> Work instruction
Starting at the line that has "the gate is" and stopping after the line that has "(writes O.taken O.faults", reproduce the listing below exactly; omit everything else.

> Listed entries
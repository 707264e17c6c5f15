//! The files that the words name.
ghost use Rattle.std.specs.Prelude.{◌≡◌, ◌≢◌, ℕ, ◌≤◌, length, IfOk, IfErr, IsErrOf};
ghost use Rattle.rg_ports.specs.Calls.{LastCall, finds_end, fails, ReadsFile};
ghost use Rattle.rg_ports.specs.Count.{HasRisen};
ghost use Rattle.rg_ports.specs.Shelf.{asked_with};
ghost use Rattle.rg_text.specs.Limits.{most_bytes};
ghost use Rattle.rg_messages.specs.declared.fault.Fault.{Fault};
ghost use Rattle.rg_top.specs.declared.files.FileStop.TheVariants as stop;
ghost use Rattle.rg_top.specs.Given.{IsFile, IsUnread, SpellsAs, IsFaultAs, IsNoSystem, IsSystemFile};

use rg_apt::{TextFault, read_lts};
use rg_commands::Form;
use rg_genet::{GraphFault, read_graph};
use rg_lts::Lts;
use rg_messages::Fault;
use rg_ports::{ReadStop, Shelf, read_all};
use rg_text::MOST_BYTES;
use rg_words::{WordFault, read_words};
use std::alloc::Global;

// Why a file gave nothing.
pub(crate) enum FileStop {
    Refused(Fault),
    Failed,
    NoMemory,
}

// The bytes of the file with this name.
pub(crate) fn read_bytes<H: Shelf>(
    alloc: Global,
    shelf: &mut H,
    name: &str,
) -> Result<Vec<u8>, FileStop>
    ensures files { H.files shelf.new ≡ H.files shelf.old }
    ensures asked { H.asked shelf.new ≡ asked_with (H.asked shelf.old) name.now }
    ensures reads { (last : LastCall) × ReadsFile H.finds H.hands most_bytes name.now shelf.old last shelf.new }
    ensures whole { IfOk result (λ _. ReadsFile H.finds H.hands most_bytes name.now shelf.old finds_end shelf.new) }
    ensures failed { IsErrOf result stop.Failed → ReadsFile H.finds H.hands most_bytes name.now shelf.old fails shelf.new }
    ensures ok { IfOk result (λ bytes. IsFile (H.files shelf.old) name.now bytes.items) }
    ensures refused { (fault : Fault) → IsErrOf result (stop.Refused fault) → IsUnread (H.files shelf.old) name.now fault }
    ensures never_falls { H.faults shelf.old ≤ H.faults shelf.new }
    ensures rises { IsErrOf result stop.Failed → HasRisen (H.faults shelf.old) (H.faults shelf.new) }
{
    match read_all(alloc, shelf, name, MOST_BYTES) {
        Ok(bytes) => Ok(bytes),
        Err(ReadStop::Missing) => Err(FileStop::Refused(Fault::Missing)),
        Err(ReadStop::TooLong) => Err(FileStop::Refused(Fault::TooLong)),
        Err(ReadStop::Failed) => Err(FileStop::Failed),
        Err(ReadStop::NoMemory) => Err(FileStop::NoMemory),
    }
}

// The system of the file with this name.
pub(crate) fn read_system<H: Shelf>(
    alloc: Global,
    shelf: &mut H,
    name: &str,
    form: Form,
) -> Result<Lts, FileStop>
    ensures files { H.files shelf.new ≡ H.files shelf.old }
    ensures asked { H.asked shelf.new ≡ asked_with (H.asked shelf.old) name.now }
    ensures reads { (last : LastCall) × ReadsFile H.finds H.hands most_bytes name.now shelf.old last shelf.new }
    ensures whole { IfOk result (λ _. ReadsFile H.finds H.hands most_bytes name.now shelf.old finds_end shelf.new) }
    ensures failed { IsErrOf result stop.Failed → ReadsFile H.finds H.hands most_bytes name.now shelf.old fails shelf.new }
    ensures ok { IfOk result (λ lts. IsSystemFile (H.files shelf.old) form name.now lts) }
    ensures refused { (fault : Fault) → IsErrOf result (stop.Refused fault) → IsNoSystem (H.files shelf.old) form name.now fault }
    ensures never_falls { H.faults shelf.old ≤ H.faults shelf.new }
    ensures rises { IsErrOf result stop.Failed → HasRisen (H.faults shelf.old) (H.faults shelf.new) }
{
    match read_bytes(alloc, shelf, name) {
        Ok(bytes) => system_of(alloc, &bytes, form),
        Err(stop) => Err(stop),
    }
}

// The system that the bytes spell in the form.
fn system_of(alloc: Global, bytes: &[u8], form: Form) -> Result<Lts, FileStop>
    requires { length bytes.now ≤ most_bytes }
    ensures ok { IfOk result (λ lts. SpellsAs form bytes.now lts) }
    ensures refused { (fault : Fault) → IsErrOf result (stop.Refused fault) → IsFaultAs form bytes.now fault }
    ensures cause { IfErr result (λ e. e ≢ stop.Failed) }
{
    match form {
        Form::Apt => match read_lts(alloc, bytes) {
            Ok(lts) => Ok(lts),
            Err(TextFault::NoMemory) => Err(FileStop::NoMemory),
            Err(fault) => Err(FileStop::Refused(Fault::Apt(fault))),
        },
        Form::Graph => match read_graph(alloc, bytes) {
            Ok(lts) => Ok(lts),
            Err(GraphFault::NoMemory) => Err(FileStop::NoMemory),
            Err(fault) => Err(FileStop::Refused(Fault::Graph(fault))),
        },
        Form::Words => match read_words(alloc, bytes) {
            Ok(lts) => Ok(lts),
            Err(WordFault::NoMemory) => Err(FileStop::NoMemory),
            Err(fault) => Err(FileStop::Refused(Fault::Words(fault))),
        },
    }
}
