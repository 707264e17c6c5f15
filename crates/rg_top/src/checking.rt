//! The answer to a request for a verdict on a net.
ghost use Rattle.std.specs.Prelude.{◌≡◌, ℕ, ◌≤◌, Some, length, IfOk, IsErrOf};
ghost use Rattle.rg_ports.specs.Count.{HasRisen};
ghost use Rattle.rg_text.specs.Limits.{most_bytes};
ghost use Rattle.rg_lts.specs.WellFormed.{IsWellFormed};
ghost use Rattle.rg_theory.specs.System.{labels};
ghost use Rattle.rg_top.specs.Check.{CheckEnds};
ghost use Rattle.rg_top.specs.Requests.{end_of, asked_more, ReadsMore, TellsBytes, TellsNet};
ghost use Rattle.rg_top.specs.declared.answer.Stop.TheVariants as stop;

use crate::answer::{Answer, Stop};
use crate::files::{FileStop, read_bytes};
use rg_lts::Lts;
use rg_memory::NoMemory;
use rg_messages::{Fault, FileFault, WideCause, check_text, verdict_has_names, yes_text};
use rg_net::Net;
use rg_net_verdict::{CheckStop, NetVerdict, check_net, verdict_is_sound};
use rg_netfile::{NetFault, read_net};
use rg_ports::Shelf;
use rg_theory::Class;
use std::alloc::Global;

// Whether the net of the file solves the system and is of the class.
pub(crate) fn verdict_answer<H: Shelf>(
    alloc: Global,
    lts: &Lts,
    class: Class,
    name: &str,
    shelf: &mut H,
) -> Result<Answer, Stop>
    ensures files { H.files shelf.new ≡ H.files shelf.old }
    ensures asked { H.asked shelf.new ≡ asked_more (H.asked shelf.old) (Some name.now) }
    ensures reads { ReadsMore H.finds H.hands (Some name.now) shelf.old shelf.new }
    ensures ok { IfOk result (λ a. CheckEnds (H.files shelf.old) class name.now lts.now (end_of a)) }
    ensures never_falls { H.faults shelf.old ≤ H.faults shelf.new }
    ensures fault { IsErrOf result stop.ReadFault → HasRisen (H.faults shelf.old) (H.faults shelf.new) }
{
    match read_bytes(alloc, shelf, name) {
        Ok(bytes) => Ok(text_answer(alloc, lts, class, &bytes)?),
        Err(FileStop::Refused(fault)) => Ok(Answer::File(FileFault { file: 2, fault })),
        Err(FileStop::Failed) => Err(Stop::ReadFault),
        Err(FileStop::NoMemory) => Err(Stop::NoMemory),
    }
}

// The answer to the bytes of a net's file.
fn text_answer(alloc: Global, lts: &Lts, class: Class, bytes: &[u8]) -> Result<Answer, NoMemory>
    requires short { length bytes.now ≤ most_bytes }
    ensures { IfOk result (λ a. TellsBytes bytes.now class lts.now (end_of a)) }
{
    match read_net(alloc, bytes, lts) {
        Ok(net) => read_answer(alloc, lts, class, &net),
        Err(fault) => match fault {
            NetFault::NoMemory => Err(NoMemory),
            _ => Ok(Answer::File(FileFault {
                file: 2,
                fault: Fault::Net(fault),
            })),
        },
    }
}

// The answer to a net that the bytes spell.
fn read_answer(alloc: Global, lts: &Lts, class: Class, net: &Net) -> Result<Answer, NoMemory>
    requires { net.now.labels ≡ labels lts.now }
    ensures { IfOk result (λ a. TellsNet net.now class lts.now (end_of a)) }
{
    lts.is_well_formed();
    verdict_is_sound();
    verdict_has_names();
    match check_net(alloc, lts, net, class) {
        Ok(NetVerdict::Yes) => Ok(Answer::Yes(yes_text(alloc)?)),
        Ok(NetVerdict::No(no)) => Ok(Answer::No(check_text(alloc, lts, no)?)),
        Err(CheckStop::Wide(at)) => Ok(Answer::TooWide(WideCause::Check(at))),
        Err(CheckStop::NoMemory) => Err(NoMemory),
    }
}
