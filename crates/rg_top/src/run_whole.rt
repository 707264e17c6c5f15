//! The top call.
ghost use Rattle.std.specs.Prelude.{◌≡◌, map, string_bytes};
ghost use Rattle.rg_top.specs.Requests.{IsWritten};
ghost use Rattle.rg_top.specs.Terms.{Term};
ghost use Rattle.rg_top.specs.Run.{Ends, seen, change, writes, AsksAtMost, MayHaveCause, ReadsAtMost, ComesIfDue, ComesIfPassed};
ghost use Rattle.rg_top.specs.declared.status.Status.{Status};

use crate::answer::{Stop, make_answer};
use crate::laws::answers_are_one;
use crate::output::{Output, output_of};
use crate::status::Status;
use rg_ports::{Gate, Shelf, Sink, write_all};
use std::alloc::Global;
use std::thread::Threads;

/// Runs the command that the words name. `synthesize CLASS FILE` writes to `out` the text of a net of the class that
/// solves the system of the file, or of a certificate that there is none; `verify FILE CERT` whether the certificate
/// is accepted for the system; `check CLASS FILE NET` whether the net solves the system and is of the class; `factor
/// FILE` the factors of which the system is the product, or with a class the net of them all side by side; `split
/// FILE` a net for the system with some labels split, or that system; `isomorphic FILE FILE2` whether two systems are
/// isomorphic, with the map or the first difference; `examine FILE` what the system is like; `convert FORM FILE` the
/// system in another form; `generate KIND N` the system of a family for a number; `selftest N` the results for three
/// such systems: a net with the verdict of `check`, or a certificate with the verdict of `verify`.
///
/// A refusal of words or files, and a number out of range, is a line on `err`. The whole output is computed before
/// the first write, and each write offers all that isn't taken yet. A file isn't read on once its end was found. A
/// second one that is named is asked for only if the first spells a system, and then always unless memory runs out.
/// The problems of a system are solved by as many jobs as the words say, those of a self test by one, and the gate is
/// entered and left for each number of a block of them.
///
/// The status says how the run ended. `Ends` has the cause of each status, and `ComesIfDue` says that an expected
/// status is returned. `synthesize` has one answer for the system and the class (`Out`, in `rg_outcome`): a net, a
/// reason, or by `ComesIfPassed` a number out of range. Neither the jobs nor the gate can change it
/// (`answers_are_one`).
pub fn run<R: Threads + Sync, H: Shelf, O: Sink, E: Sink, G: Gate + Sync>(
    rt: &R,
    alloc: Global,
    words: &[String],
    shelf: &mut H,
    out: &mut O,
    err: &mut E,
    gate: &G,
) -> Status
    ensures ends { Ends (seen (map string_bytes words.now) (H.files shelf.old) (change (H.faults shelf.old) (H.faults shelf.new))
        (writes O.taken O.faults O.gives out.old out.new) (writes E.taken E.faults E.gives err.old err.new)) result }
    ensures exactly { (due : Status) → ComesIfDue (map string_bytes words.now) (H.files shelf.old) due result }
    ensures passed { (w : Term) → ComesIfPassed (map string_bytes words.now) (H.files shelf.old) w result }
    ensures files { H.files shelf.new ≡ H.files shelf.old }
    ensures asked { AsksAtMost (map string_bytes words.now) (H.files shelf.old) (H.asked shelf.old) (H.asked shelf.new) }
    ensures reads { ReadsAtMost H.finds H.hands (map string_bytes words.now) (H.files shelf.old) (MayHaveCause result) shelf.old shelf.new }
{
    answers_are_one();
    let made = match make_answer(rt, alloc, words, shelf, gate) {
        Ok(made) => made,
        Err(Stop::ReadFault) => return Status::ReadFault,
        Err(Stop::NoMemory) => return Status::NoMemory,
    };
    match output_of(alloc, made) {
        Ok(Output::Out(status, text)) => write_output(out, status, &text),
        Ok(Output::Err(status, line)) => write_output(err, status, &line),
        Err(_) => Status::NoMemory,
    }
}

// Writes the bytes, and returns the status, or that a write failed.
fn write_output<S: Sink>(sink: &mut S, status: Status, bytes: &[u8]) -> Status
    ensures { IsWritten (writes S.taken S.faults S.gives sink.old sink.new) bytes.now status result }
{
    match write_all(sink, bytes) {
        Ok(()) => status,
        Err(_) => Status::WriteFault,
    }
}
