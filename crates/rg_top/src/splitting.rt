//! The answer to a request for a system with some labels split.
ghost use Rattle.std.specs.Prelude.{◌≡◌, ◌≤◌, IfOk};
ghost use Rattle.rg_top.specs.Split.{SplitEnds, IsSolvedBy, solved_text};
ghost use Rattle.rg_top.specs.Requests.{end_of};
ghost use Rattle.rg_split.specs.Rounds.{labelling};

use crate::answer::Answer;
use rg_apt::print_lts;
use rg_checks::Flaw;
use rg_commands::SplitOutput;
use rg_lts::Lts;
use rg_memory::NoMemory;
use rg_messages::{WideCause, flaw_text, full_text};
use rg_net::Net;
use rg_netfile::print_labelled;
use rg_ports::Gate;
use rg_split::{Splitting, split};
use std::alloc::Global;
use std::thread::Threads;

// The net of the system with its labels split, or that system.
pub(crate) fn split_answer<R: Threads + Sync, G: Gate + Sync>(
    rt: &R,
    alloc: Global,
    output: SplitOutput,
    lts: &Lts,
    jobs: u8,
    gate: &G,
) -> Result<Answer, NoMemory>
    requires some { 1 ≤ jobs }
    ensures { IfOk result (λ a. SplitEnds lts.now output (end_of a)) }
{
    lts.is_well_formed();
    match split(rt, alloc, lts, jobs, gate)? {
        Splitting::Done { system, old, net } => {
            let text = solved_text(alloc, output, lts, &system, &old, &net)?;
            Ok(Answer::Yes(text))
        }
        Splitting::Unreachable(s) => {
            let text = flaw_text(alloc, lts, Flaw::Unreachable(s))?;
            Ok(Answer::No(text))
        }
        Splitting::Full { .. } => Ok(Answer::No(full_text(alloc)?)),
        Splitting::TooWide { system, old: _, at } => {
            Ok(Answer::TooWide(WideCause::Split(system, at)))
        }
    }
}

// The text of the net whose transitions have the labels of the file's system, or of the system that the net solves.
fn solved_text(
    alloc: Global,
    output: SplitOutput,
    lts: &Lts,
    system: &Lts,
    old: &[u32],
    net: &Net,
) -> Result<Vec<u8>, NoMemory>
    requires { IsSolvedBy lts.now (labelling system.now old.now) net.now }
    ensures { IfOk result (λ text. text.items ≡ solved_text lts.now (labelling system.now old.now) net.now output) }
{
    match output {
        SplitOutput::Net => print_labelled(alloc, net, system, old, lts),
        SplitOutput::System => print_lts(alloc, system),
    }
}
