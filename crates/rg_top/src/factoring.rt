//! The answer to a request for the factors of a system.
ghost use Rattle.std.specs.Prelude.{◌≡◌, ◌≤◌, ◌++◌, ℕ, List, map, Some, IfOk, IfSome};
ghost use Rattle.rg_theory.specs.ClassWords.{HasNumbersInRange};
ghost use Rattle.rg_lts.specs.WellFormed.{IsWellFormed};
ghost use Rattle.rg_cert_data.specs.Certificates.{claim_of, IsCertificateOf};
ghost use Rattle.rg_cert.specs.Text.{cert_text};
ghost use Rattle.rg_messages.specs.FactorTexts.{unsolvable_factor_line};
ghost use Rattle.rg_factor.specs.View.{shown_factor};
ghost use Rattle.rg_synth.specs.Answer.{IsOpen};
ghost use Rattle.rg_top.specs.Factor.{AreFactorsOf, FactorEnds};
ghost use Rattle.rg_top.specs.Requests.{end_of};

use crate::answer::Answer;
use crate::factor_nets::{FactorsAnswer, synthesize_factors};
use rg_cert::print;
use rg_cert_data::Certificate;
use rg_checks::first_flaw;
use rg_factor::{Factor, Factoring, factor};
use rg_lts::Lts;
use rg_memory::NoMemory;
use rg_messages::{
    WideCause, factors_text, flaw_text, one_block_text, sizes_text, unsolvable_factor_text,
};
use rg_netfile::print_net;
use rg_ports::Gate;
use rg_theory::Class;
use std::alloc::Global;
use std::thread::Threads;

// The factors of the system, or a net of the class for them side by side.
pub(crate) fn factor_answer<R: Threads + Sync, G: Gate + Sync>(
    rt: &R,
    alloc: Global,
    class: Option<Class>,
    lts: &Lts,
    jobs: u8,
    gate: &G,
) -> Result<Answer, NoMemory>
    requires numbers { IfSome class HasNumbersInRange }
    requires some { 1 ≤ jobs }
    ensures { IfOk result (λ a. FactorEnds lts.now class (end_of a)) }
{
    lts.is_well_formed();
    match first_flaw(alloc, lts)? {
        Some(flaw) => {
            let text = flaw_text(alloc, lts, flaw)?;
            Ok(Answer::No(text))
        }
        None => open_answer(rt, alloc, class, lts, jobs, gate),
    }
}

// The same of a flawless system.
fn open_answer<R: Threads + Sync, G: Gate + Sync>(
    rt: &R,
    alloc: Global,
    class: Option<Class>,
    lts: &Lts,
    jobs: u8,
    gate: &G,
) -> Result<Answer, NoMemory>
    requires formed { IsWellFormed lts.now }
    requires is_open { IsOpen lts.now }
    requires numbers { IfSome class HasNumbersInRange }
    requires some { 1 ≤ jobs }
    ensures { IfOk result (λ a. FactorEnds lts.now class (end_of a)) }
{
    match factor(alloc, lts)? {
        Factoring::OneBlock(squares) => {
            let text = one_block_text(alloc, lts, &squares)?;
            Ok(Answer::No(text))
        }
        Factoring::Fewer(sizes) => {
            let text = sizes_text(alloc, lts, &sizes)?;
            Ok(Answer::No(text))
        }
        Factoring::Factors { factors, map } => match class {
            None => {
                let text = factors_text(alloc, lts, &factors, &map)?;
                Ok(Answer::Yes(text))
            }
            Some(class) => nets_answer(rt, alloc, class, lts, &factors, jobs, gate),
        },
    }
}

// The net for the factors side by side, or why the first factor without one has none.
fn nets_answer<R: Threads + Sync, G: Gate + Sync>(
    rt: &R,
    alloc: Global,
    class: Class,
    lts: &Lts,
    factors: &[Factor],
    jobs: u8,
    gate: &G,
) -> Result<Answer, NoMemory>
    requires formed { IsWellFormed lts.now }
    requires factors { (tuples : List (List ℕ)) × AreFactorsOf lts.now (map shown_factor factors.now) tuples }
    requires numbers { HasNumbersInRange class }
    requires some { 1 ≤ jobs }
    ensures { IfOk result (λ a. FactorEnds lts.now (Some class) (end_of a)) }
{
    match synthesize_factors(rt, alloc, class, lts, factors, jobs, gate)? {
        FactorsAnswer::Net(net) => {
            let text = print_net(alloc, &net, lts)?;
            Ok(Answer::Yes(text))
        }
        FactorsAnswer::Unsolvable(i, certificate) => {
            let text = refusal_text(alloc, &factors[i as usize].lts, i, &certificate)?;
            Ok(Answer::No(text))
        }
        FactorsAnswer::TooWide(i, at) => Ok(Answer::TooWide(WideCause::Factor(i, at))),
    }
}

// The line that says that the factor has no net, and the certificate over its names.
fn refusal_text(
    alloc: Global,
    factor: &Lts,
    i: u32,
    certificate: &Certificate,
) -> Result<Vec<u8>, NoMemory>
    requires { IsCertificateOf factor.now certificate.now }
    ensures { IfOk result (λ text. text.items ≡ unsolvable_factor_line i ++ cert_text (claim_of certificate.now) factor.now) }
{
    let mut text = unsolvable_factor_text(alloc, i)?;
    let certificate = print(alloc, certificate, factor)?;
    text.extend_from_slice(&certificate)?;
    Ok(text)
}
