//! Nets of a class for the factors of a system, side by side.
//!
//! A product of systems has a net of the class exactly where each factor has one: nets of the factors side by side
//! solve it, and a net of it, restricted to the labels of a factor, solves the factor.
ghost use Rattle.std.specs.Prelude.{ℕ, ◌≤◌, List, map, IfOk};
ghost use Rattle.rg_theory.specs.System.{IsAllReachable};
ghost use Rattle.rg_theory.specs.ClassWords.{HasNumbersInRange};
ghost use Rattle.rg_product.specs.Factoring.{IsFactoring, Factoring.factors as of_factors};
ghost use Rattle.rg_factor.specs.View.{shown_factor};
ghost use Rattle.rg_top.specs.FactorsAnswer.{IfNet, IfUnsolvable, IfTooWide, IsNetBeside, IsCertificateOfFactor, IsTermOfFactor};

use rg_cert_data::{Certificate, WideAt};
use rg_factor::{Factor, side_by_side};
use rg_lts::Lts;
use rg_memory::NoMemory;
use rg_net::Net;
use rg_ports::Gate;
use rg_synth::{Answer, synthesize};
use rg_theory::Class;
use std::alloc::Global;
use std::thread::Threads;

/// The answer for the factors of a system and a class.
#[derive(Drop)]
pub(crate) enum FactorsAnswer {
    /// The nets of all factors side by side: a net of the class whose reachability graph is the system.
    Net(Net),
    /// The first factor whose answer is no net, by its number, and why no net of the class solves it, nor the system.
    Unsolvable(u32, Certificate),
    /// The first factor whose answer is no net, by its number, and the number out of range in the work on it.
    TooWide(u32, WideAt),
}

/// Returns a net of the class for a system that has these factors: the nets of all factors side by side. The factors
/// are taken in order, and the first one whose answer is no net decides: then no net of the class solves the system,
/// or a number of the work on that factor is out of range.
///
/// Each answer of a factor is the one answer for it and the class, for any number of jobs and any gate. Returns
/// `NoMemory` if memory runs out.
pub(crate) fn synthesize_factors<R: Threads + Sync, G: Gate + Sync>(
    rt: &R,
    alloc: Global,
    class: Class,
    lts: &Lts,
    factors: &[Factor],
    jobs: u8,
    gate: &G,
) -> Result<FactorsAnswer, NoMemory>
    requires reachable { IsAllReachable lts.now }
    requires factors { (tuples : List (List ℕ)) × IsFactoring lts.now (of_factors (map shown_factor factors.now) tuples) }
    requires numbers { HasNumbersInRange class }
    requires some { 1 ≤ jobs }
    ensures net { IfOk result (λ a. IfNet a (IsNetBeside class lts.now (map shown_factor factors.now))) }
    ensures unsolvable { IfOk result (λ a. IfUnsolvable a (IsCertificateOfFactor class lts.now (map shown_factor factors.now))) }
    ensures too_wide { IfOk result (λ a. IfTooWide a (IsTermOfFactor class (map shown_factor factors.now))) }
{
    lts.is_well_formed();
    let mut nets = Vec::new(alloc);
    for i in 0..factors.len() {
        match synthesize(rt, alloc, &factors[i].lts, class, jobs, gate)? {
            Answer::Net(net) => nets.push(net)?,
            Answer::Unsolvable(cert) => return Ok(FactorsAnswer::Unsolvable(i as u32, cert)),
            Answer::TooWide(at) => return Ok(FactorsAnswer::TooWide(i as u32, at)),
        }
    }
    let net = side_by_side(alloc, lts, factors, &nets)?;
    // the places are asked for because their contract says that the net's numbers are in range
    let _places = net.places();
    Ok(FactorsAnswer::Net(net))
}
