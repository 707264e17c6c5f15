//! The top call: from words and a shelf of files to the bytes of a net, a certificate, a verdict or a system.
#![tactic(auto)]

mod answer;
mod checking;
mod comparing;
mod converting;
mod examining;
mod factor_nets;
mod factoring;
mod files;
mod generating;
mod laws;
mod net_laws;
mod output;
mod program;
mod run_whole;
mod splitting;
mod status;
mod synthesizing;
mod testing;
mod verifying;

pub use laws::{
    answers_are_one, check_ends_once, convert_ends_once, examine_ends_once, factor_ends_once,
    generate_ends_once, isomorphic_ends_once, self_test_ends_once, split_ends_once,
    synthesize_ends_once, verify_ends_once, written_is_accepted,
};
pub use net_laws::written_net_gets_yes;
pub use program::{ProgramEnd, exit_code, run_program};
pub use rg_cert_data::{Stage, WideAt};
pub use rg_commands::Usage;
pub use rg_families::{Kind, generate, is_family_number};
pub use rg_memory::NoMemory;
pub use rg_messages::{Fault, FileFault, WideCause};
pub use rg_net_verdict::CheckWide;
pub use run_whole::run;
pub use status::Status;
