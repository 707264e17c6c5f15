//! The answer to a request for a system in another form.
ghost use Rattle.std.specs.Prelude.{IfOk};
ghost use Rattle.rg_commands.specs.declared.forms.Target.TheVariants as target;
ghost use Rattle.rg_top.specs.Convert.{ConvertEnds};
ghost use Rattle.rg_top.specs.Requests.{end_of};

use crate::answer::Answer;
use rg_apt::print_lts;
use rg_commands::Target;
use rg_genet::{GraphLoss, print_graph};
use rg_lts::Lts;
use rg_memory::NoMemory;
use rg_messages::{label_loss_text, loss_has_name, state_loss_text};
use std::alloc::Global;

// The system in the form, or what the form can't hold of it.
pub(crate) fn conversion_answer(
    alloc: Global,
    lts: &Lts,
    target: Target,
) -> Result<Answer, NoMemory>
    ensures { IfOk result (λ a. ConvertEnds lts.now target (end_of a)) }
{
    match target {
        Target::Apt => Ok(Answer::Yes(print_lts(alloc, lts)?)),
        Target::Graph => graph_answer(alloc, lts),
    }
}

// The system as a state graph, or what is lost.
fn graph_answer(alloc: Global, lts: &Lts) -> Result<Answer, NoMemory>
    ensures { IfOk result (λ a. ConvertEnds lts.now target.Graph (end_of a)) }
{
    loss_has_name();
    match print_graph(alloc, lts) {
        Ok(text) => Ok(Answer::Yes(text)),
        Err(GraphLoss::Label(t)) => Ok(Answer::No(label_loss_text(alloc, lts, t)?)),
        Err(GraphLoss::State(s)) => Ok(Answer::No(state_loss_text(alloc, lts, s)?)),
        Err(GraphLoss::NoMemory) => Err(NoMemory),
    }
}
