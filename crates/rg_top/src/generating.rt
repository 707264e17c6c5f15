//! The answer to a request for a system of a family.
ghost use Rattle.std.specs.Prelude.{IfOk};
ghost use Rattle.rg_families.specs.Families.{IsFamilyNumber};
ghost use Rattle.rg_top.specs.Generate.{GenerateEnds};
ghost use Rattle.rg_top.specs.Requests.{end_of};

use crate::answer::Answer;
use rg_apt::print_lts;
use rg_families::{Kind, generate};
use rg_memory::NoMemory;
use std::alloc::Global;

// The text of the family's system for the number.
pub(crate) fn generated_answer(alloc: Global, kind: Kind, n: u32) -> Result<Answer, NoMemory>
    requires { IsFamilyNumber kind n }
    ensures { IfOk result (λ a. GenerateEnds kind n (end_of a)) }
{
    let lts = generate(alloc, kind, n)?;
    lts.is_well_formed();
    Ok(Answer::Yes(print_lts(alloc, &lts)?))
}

> Response to this task
/// The problems of a system are solved by as many jobs as the words say, those of a self test by one, and the gate is
/// entered and left for each number of a block of them.
///
/// The status says how the run ended. `Ends` has the cause of each status, and `ComesIfDue` says that an expected
/// status is returned. `synthesize` has one answer for the system and the class (`Out`, in `rg_outcome`): a net, a
/// reason, or by `ComesIfPassed` a number out of range. Neither the jobs nor the gate can change it
/// (`answers_are_one`).
pub fn run<R: Threads + Sync, H: Shelf, O: Sink, E: Sink, G: Gate + Sync>(
    rt: &R,
    alloc: Global,
    words: &[String],
    shelf: &mut H,
    out: &mut O,
    err: &mut E,
    gate: &G,
) -> Status
    ensures ends { Ends (seen (map string_bytes words.now) (H.files shelf.old) (change (H.faults shelf.old) (H.faults shelf.new))
        (writes O.taken O.faults O.gives out.old out.new) (writes E.taken E.faults E.gives err.old err.new)) result }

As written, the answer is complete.